* [Directions for this task]: Could you copy every line of the data that contains "resolve"?

--- Information supplied Enclosed Below ---

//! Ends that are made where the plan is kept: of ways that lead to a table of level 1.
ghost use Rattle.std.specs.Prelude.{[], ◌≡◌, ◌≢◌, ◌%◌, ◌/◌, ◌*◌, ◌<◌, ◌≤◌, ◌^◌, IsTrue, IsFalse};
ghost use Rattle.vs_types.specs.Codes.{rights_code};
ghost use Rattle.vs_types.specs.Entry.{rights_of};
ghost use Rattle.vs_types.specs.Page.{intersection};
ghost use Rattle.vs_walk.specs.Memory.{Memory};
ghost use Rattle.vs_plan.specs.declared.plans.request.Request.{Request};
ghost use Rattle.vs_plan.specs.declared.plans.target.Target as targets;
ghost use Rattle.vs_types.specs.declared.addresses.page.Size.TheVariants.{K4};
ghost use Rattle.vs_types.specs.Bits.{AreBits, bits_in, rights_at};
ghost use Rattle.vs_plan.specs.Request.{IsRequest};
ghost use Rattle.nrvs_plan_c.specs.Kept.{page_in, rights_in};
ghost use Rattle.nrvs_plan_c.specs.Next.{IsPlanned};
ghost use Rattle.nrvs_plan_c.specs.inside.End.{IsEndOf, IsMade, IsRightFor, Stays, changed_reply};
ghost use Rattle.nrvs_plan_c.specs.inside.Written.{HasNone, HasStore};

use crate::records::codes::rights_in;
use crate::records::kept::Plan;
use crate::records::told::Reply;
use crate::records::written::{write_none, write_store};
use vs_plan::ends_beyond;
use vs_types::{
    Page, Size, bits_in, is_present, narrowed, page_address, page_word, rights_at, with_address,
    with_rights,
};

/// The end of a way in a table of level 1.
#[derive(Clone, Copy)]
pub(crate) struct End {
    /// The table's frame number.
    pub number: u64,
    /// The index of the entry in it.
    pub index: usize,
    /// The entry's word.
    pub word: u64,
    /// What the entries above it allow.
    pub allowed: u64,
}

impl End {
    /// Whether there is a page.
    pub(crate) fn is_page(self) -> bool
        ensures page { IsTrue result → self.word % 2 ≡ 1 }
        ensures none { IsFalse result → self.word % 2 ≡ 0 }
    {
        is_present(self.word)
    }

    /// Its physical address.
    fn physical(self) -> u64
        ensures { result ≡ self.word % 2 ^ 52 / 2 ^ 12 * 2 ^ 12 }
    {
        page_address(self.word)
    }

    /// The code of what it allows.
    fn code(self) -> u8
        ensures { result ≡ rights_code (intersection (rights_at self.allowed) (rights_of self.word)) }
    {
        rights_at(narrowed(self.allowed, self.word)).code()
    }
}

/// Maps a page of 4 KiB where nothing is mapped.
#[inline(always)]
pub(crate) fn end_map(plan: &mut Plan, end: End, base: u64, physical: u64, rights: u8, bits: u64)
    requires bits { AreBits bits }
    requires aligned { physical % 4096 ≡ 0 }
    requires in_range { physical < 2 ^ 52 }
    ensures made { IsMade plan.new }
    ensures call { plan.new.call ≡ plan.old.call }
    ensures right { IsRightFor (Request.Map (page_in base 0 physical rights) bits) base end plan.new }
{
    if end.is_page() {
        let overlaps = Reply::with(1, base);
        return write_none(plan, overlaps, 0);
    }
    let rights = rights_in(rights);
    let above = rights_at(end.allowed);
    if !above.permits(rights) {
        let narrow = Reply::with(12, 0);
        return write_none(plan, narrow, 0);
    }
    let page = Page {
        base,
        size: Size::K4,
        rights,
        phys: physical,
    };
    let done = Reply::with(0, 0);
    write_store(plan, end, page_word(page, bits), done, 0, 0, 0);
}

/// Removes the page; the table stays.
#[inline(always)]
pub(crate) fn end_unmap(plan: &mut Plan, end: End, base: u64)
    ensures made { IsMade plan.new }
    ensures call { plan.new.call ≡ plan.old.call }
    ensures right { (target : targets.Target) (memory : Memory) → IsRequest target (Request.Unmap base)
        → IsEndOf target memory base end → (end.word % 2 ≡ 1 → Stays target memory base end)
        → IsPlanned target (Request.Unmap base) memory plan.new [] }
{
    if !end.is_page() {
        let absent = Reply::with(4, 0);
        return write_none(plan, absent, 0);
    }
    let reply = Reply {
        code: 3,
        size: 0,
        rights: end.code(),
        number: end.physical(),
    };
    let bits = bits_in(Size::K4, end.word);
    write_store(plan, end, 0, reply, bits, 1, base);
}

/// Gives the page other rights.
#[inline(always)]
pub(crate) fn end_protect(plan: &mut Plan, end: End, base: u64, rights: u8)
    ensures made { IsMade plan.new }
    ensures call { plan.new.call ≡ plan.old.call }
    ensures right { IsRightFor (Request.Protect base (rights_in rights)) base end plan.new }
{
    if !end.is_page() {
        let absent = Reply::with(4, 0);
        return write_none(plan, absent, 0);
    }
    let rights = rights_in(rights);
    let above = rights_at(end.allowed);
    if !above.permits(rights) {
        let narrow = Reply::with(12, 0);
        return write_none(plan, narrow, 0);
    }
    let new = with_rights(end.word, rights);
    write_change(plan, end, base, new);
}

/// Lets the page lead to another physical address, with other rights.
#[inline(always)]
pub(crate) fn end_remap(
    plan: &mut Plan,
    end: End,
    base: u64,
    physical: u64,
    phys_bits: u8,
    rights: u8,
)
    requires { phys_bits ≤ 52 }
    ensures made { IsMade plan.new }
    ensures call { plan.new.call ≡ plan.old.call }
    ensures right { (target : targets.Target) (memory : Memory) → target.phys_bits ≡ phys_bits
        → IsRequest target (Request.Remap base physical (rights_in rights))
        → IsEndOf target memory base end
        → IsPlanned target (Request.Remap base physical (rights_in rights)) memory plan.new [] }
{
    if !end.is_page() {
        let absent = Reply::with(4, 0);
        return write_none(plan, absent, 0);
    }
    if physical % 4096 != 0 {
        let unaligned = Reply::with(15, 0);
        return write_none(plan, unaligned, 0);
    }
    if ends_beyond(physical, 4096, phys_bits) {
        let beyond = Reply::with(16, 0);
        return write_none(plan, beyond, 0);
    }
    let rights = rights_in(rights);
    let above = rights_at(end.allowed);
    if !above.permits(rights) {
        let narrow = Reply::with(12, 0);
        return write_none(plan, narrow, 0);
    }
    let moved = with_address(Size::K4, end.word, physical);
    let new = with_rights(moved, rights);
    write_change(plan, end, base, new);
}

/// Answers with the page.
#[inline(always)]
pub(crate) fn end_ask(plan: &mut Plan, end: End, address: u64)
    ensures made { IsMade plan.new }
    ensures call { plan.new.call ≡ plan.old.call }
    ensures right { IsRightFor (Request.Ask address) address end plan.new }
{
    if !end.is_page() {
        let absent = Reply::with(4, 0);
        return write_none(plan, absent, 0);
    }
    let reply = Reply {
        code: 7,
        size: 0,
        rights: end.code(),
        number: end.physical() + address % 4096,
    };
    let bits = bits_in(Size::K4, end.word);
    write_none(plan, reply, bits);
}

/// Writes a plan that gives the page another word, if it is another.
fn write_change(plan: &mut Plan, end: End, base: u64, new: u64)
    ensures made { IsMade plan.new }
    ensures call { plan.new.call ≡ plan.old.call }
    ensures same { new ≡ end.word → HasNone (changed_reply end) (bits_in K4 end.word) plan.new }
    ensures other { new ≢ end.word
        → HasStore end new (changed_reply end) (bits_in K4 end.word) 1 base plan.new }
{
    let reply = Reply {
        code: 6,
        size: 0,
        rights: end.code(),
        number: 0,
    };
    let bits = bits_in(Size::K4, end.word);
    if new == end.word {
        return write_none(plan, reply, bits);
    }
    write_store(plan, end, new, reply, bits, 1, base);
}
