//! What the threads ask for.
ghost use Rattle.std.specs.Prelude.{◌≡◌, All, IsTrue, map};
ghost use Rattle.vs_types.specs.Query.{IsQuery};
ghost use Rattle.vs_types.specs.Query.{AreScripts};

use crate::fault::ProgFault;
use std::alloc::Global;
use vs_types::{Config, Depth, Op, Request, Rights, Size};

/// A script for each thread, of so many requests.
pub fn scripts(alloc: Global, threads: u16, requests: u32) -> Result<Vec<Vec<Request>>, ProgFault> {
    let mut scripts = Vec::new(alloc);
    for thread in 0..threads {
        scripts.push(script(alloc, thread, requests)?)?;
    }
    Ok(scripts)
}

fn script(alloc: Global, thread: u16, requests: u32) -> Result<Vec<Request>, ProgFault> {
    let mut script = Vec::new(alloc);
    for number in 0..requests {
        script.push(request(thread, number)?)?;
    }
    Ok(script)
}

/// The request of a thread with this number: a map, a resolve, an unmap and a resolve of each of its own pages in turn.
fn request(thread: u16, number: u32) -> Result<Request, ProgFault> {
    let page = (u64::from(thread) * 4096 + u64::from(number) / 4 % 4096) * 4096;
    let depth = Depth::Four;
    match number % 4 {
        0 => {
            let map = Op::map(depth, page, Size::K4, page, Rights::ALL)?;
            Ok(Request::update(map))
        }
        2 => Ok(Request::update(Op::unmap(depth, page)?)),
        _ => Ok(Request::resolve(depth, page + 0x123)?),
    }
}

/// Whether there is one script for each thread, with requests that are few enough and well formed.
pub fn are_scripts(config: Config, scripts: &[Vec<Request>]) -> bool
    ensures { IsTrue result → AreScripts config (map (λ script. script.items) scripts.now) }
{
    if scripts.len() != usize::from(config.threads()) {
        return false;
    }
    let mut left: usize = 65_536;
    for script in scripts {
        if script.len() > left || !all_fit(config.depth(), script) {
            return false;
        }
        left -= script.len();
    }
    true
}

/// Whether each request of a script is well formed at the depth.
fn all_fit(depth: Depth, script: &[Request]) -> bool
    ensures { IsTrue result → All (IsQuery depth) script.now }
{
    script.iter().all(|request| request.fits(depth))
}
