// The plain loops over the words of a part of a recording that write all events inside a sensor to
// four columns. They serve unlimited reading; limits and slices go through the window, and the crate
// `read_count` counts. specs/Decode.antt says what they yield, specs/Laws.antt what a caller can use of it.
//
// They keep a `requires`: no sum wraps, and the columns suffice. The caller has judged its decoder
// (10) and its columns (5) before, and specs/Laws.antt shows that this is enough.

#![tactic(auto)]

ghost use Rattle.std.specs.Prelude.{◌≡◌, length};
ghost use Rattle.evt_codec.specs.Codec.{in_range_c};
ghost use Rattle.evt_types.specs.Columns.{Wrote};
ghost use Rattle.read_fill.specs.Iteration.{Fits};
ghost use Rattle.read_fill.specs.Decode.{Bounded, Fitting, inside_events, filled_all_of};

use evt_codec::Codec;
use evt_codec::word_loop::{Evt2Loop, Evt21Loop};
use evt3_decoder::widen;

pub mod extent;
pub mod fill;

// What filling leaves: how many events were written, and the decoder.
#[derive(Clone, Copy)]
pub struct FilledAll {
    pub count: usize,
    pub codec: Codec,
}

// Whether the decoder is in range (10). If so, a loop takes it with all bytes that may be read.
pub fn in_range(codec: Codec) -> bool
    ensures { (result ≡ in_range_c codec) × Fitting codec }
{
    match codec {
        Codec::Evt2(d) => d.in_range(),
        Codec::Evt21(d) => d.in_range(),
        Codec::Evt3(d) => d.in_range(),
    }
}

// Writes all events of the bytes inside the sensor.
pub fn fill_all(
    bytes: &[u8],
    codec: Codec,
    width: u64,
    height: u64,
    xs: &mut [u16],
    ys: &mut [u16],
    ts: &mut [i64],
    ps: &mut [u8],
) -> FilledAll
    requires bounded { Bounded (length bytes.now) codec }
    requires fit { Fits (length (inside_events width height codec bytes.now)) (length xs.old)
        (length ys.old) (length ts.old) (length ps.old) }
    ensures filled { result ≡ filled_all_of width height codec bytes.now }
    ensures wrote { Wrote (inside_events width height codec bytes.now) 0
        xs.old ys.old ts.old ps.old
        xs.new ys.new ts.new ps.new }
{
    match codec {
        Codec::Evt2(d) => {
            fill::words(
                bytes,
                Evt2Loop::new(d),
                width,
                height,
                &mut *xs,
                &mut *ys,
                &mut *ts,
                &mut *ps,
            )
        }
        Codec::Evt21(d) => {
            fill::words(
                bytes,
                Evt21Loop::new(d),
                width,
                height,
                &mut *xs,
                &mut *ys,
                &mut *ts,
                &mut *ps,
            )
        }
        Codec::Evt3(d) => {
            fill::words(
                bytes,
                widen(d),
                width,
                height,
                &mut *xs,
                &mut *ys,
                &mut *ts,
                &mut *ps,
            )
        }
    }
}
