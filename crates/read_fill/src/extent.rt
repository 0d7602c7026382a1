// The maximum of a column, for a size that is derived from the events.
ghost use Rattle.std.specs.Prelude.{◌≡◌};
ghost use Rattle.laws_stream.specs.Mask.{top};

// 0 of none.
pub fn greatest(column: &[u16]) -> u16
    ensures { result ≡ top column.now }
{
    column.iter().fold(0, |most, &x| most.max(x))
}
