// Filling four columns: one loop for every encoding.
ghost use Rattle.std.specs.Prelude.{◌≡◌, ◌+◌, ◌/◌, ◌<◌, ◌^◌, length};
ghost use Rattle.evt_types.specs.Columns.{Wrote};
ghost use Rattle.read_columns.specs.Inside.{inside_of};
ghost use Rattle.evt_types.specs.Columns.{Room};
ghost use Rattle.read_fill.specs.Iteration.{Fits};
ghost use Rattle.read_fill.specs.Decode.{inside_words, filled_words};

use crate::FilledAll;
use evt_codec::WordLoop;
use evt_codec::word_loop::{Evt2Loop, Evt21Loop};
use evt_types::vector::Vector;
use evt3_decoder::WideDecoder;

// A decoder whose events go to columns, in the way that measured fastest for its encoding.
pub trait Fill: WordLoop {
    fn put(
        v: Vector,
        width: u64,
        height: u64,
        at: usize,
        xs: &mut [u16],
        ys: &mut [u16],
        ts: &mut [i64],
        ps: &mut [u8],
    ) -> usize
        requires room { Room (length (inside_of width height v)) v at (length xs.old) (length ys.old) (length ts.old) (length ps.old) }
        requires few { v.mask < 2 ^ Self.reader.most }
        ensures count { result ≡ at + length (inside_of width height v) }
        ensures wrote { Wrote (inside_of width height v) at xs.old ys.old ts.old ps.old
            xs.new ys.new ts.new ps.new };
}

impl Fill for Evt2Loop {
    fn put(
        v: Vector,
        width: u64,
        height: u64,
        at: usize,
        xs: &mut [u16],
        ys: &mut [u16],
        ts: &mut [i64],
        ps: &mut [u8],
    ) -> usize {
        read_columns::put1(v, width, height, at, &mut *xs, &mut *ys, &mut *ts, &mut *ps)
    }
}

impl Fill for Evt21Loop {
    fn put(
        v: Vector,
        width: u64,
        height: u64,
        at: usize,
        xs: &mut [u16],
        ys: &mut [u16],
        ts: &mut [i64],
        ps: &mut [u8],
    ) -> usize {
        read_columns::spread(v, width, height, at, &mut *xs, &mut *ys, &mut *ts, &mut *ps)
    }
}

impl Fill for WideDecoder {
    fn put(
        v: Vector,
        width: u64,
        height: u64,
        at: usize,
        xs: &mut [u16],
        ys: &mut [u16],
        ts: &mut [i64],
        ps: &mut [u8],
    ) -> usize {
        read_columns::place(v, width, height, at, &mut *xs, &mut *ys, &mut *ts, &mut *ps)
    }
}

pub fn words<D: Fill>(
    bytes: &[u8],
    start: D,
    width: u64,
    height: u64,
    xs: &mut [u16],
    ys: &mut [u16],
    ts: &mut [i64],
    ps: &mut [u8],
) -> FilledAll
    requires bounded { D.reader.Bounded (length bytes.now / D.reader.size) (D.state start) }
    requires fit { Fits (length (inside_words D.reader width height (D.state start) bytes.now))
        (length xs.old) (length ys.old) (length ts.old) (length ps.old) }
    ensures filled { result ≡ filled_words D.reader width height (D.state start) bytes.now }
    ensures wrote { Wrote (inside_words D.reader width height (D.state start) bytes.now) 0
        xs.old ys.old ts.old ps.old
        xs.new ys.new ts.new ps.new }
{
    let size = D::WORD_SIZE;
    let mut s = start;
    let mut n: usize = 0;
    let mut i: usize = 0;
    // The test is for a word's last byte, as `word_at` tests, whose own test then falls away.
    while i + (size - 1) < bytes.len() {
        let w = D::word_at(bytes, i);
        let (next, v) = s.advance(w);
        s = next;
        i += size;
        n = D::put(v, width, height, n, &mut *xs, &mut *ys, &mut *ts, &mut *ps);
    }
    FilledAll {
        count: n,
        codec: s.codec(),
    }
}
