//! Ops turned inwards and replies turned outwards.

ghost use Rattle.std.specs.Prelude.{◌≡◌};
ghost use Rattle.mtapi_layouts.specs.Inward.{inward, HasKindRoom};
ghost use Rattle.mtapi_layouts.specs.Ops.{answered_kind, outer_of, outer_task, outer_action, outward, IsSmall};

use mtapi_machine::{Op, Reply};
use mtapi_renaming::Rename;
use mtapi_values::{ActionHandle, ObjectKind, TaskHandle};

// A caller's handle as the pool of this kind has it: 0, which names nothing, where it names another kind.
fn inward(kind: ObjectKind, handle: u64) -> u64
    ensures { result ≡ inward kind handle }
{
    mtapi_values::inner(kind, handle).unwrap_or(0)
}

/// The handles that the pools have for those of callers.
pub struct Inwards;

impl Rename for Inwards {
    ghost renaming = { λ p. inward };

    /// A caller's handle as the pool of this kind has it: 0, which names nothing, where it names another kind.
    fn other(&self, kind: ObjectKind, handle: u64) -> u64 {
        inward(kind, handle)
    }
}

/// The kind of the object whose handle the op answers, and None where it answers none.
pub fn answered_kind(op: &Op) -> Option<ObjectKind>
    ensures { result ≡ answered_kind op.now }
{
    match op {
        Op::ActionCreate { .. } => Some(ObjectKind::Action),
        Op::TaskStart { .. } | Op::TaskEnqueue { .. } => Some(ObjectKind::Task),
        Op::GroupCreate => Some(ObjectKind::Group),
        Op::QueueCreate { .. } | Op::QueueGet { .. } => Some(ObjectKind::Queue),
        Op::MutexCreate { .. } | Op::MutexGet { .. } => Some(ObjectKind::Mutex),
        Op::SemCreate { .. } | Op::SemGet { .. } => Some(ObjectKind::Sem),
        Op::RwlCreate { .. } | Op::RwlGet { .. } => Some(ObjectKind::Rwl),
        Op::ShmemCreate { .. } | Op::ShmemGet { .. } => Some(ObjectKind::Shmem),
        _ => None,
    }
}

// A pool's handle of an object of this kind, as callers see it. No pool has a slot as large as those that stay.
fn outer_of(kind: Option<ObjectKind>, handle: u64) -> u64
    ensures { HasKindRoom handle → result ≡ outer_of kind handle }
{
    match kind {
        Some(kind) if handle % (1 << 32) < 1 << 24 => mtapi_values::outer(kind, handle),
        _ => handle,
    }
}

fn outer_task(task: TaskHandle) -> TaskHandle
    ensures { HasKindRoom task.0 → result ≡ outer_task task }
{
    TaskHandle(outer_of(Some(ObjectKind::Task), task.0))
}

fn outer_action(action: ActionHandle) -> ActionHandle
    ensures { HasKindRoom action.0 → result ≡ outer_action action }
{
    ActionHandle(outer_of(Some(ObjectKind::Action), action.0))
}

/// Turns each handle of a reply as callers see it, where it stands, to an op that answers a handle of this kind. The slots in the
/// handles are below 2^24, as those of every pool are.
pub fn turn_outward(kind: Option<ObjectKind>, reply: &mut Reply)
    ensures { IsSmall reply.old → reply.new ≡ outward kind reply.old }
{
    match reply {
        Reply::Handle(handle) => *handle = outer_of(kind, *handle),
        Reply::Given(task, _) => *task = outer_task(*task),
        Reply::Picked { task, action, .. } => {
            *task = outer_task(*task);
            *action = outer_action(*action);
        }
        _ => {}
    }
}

--- End of Enclosed Information supplied ---

* [Written answer]:
/// The request of a thread with this number: a map, a resolve, an unmap and a resolve of each of its own pages in turn.
        _ => Ok(Request::resolve(depth, page + 0x123)?),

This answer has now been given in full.